Ribbon bombs are produced when long streamers of semi-solid lava are ejected into the air, cooling into roughly cylindrical or ribbon-like shapes before they hit the ground.
So-called cow-dung bombs form when the lava bomb does not cool significantly in flight, so that it pancakes when it hits the ground, and ends up looking like a cow patty as it cools.
Lava bombs come in all sizes, from the tiny ones, less than ten centimeters wide, up to massive ones that can be up to 5 metres across and tip the scales at around 120 metric tons!
When lava flows over land, you can see some very strange reactions as it consumes everything in its path.
When lava buries plants and shrubs, methane gas is produced as a byproduct of burning vegetation.
Methane gas can seep into subsurface voids and explode when heated, or emerge from cracks in the ground several feet away from the lava. When ignited, the methane produces a blue flame.

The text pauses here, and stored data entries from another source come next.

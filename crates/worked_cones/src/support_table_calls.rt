ghost use Rattle.std.specs.Prelude.{◌≡◌, ◌<◌, ◌≤◌, length, IfOk};
ghost use Rattle.std.specs.List.{All};
ghost use Rattle.support_table.specs.Joins.{ArePairsOf};
ghost use Rattle.support_table.specs.Parts.{AreOuters};

use out_of_memory::NoMemory;
use std::alloc::Global;
use std::process::Abort;
use support_bits::Support;
use support_table::{Found, Outer, PartSearch, SupportTable, find_adjacent, joined, union_count};

#[test]
fn joins_both_ways(rt: HostRuntime) -> Result<(), NoMemory> {
    let support = Support::of(rt.alloc(), &[0, 5, 0, 0])?;
    let joined = joined(rt.alloc(), &[(0, 1), (1, 3), (2, 3)], &support)?;
    assert_eq!(rt; joined.words(), &[9u64][..]);
    Ok(())
}

#[test]
fn finds_the_first_inside(rt: HostRuntime) -> Result<(), NoMemory> {
    let a = Support::of(rt.alloc(), &[1, 0, 0])?;
    let b = Support::of(rt.alloc(), &[0, 0, 1])?;
    let other = Support::of(rt.alloc(), &[1, 1, 0])?;
    let mut table = SupportTable::new(rt.alloc(), 3);
    assert_eq!(rt; table.len(), 0);
    table.push(&other)?;
    table.push(&b)?;
    table.push(&other)?;
    table.push(&a)?;
    assert_eq!(rt; table.len(), 4);
    assert!(rt; table.is_covered(3, &a, &b) && !table.is_covered(2, &a, &b));
    assert!(rt; table.is_inside(3, &b, 2) && !table.is_inside(2, &b, 3));
    assert!(rt; table.meets(2, &a) && !table.meets(1, &a));
    assert_eq!(rt; table.union_count(2, &b), 3);
    assert_eq!(rt; table.first_covered(&a, &b, 0), 1);
    assert_eq!(rt; table.first_covered(&a, &b, 2), 3);
    assert_eq!(rt; table.first_covered(&b, &b, 2), 4);
    table.clear();
    assert_eq!(rt; table.len(), 0);
    Ok(())
}

#[test]
fn counts_each_column_once(rt: HostRuntime) -> Result<(), NoMemory> {
    let u = Support::of(rt.alloc(), &[2, 0, 1])?;
    let w = Support::of(rt.alloc(), &[0, 2, 1])?;
    assert_eq!(rt; union_count(u.words(), w.words()), 3);
    assert_eq!(rt; union_count(u.words(), u.words()), 2);
    let none = Support::of(rt.alloc(), &[])?;
    assert_eq!(rt; union_count(none.words(), none.words()), 0);
    let x = vec![in rt.alloc(); 0u128; 65]?;
    let y = vec![in rt.alloc(); 3u128; 65]?;
    let empty = Support::of(rt.alloc(), &x)?;
    let full = Support::of(rt.alloc(), &y)?;
    assert_eq!(rt; union_count(empty.words(), full.words()), 65);
    assert_eq!(rt; union_count(empty.words(), empty.words()), 0);
    Ok(())
}

/// Rays of `columns` columns each, whose supports are the bits of `rows`, and the columns that clash in pairs.
#[derive(Clone, Copy)]
struct Given<'a> {
    columns: u32,
    rows: &'a [u128],
    pairs: &'a [(u32, u32)],
    ghost within: { columns ≤ 128 },
    ghost are_pairs: { ArePairsOf columns pairs.now },
}

/// The columns below `columns` whose bits are set.
fn support_of(alloc: Global, columns: u32, bits: u128) -> Result<Support, NoMemory>
    requires { columns ≤ 128 }
    ensures { IfOk result (λ support. length support ≡ columns) }
{
    let mut support = Support::none(alloc, columns)?;
    for column in 0..columns {
        if (bits >> column) & 1 == 1 {
            support.insert(column);
        }
    }
    Ok(support)
}

/// Ray `place` with the columns that clash with it.
fn outer_of(alloc: Global, given: Given, place: usize, bits: u128) -> Result<Outer, NoMemory>
    ensures place { IfOk result (λ outer. outer.place ≡ place) }
    ensures support { IfOk result (λ outer. length outer.support ≡ given.entry.columns) }
    ensures joined { IfOk result (λ outer. length outer.joined ≡ given.entry.columns) }
{
    let support = support_of(alloc, given.columns, bits)?;
    let joined = joined(alloc, given.pairs, &support)?;
    Ok(Outer {
        place,
        support,
        joined,
    })
}

/// All rays.
fn outers_of(alloc: Global, given: Given) -> Result<Vec<Outer>, NoMemory>
    ensures count { IfOk result (λ outers. length outers.items ≡ length given.entry.rows.now) }
    ensures outers { IfOk result (λ outers. AreOuters given.entry.columns (length given.entry.rows.now) outers.items) }
{
    let mut outers = Vec::new(alloc);
    for (place, bits) in given.rows.iter().enumerate() {
        outers.push(outer_of(alloc, given, place, *bits)?)?;
    }
    Ok(outers)
}

/// The supports of `outers`.
fn table_of(alloc: Global, columns: u32, outers: &[Outer]) -> Result<SupportTable, NoMemory>
    requires { All (λ outer. length outer.support ≡ columns) outers.now }
    ensures columns { IfOk result (λ table. table.columns ≡ columns) }
    ensures count { IfOk result (λ table. length table.supports ≡ length outers.now) }
{
    let mut table = SupportTable::new(alloc, columns);
    for outer in outers {
        table.push(&outer.support)?;
    }
    Ok(table)
}

/// Whether ray `place` is a candidate for adjacency to outer ray `k`.
fn is_candidate(search: PartSearch, k: usize, place: usize) -> bool
    requires k { k < length search.outers.now }
    requires place { place < length search.rays.now.supports }
{
    let table = search.rays;
    let outer = &search.outers[k];
    place != outer.place
        && !table.meets(place, &outer.joined)
        && table.union_count(place, &outer.support) <= search.most
}

/// The candidates for adjacency to outer ray `k`, ascending.
fn candidates_of(alloc: Global, search: PartSearch, k: usize) -> Result<Vec<usize>, NoMemory>
    requires { k < length search.outers.now }
    ensures { IfOk result (λ places. All (λ place. place < length search.entry.rays.now.supports) places.items) }
{
    let table = search.rays;
    let mut places = Vec::new(alloc);
    for place in 0..table.len() {
        if is_candidate(search, k, place) {
            places.push(place)?;
        }
    }
    Ok(places)
}

/// Whether the residual of `place` contains that of no other one of `candidates`.
fn is_alone(search: PartSearch, k: usize, candidates: &[usize], place: usize) -> bool
    requires k { k < length search.outers.now }
    requires candidates { All (λ other. other < length search.rays.now.supports) candidates.now }
    requires place { place < length search.rays.now.supports }
{
    let table = search.rays;
    let outer = &search.outers[k];
    for other in candidates {
        if *other != place && table.is_inside(*other, &outer.support, place) {
            return false;
        }
    }
    true
}

/// Those of them that are `true` in `search.selected` and whose residual contains that of no other.
fn minimal_of(alloc: Global, search: PartSearch, k: usize) -> Result<Vec<usize>, NoMemory>
    requires { k < length search.outers.now }
{
    let candidates = candidates_of(alloc, search, k)?;
    let mut places = Vec::new(alloc);
    for place in &candidates {
        if search.selected[*place] && is_alone(search, k, &candidates, *place) {
            places.push(*place)?;
        }
    }
    Ok(places)
}

/// Asserts that `places` were found for ray `place`.
fn are_found(rt: &impl Abort, found: &[Found], place: usize, places: &[usize]) {
    let list = found.get(place).expect(rt, "an entry");
    let Some(list) = &list.places else {
        panic!(rt; "nothing was looked for");
    };
    assert_eq!(rt; list.as_slice(), places);
}

/// Asserts that `find_adjacent` finds for each ray those that the definition names, and returns them.
fn find_all(
    rt: &impl Abort,
    alloc: Global,
    given: Given,
    selected: &[bool],
    most: u64,
) -> Result<Vec<Found>, NoMemory>
    requires { length selected.now ≡ length given.rows.now }
{
    let outers = outers_of(alloc, given)?;
    let table = table_of(alloc, given.columns, &outers)?;
    let search = PartSearch {
        rays: &table,
        selected,
        outers: &outers,
        most,
    };
    let found = find_adjacent(alloc, search)?;
    for k in 0..outers.len() {
        let places = minimal_of(alloc, search, k)?;
        are_found(rt, &found, k, &places);
    }
    Ok(found)
}

/// Besides the columns of the first ray, the second and third have one more each, the fourth has both, and the last
/// clashes. If the second is not selected, it is left out.
#[test]
fn smallest_with_the_first(rt: HostRuntime) -> Result<(), NoMemory> {
    let alloc = rt.alloc();
    let given = Given {
        columns: 5,
        rows: &[3, 6, 9, 12, 16],
        pairs: &[(0, 4)],
    };
    let found = find_all(&rt, alloc, given, &[true; 5], 5)?;
    are_found(&rt, &found, 0, &[1, 2]);
    let some = find_all(&rt, alloc, given, &[true, false, true, true, true], 5)?;
    are_found(&rt, &some, 0, &[2]);
    Ok(())
}

/// Besides the columns of the first ray, the second and third have one equal column, so neither is minimal. The union
/// with the fourth has more than three columns.
#[test]
fn equal_ones_spoil_each_other(rt: HostRuntime) -> Result<(), NoMemory> {
    let alloc = rt.alloc();
    let given = Given {
        columns: 5,
        rows: &[3, 6, 5, 24],
        pairs: &[],
    };
    let found = find_all(&rt, alloc, given, &[true; 4], 5)?;
    are_found(&rt, &found, 0, &[3]);
    let near = find_all(&rt, alloc, given, &[true; 4], 3)?;
    are_found(&rt, &near, 0, &[]);
    Ok(())
}

/// At most five of the first eight and the last eight of 68 columns, scattered by `seed`.
fn scattered(seed: u64) -> u128 {
    let mixed = seed.wrapping_mul(0x9E3779B97F4A7C15);
    let mixed = (mixed ^ (mixed >> 29)).wrapping_mul(0xC2B2AE3D27D4EB4F);
    let mut bits = 0u128;
    for j in 0..5u32 {
        let n = (mixed >> (8 + 7 * j)) % 16;
        bits |= 1 << if n < 8 { n } else { n + 52 };
    }
    bits
}

/// 300 outer rays are separated by columns, and handled 64 at a time. They have 16 of 68 columns, for which a support
/// needs one word; one more ray has all columns.
#[test]
fn many_at_once(rt: HostRuntime) -> Result<(), NoMemory> {
    let alloc = rt.alloc();
    let mut rows = Vec::new(alloc);
    let mut selected = Vec::new(alloc);
    for seed in 0..300u64 {
        rows.push(scattered(seed + 1))?;
        selected.push(seed % 5 != 0)?;
    }
    let pairs = [(0, 1), (2, 3), (4, 66), (61, 62)];
    let sparse = Given {
        columns: 68,
        rows: &rows,
        pairs: &pairs,
    };
    find_all(&rt, alloc, sparse, &selected, 7)?;
    rows.push((1 << 68) - 1)?;
    selected.push(true)?;
    let full = Given {
        columns: 68,
        rows: &rows,
        pairs: &pairs,
    };
    find_all(&rt, alloc, full, &selected, 7)?;
    Ok(())
}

With the eruption from Kilauea showing no signs of slowing down, at the moment, we may see even stranger things from this volcano.
Fissures are caused as lava forces its way through underground tubes, which connect the main magma chamber of the volcano with the ocean.
Many of these lava tubes exist on the island, and some become sealed off as lava congeals and hardens. This forces the lava through the remaining tubes.
With the increased flow due to this new eruption from Kilauea, combined with few paths for the lava to follow, the added pressure in the lava tubes has caused some of the tubes that lie just beneath the surface to break open, exposing the lava to the open air.
Kīlauea is a currently active shield volcano in the Hawaiian Islands, and the most active of the five volcanoes that together form the island of Hawaiʻi.
Located along the southern shore of the island, the volcano is between 300,000 and 600,000 years old and emerged above sea level about 100,000 years ago.
It is the second youngest product of the Hawaiian hotspot and the current eruptive center of the Hawaiian–Emperor seamount chain.
Because it lacks topographic prominence and its activities historically coincided with those of Mauna Loa, Kīlauea was once thought to be a satellite of its much larger neighbor.
Structurally, Kīlauea has a large, fairly recently formed caldera at its summit and two active rift zones, one extending 125 km (78 mi) east and the other 35 km (22 mi) west, as an active fault of unknown depth moving vertically an average of 2 to 20 mm (0.1 to 0.8 in) per year.
Kīlauea has been erupting nearly continuously since 1983 and has caused considerable property damage, including the destruction of the town of Kalapana in 1990.
On May 3, 2018, several lava vents opened in the lower Puna area, downrift from the summit.
The new volcanic episode was accompanied by a strong earthquake of Mw 6.9, and nearly 2,000 residents were evacuated from Leilani Estates and the adjacent Lanipuna Gardens development.
By May 9, 2018, the eruption had destroyed 27 houses in the Leilani Estates subdivision. On May 17, 2018 at 4:17 AM, the volcano explosively erupted, throwing ash 30,000 feet into the air.